Clinical trials are the way doctors discover better ways to diagnose and treat disease. Participants must volunteer to be in the trials. Patients who participate in clinical trials may have access to new medicines not available to the general public. They are also helping other people and medicine in general, because they will be a part of learning something new. They may help prove a new medicine works. Even if something does not work, that is important information, because doctors will know not to use the particular medicine for the particular disease.
The FDA (Food and Drug Administration) requires that all medications be proven both safe and effective. There is a lengthy process for testing medications that begins in the laboratory, long before any people will be taking the new medicine. A new drug must be tested on cells in a laboratory, and on animals. An IND Application (Investigational New Drug) must be filed with the FDA. This must include the information from testing the drug on animals. The drug must appear to be relatively safe for humans. A study protocol must be designed to test the drug while minimizing the risk to participants. An Institutional Review Board must approve the study. This Board could be at the medical center where the trial is to take place, or it may be a larger, regional Board.
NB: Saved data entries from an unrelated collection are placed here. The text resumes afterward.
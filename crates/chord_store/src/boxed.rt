//! A boxed store is a store.
use crate::outcome::{Inserted, StoreFault};
use crate::store::EntryStore;
use chord_ident::{Id, Span};
use chord_map::{Bytes, Pair, Values};
use std::alloc::{AllocError, Global};

impl EntryStore for Box<dyn EntryStore + Send> {
    ghost content = { λ b. (EntryStore-box b).content b.value };

    ghost limit = { λ b. (EntryStore-box b).limit b.value };

    fn insert(&mut self, id: Id, key: &Bytes, value: &Bytes) -> Result<Inserted, StoreFault> {
        (**self).insert(id, key, value)
    }

    fn remove(&mut self, id: Id, key: &Bytes, value: &[u8]) -> bool {
        (**self).remove(id, key, value)
    }

    fn take_out(&mut self, span: &Span) {
        (**self).take_out(span)
    }

    fn drop_copied(&mut self, span: &Span, copies: &[Pair]) {
        (**self).drop_copied(span, copies)
    }

    fn count(&self) -> u64 {
        (**self).count()
    }

    fn values(&self, alloc: Global, id: Id, key: &Bytes) -> Result<Values, AllocError> {
        (**self).values(alloc, id, key)
    }

    fn copy_span(&self, alloc: Global, span: &Span) -> Result<Vec<Pair>, AllocError> {
        (**self).copy_span(alloc, span)
    }

    fn cut_after(&self, span: &Span, n: u64, most: u64) -> Option<Id> {
        (**self).cut_after(span, n, most)
    }

    fn put_all(&mut self, span: &Span, pairs: &[Pair]) -> Result<(), StoreFault> {
        (**self).put_all(span, pairs)
    }
}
In a cancer trial, every patient will be given treatment of some kind. In a mesothelioma trial, the standard treatment might be chemotherapy with pemetrexed and cisplatin, and that might be compared with another two-drug combination, or with surgery and chemotherapy, as examples.
If these trials prove safety and efficacy (effectiveness), the FDA will say that the treatments can be given to the general public. Phase IV testing means that the FDA continues to look at the treatment in case rare side effects occur that will only be seen when thousands of people have used the medication.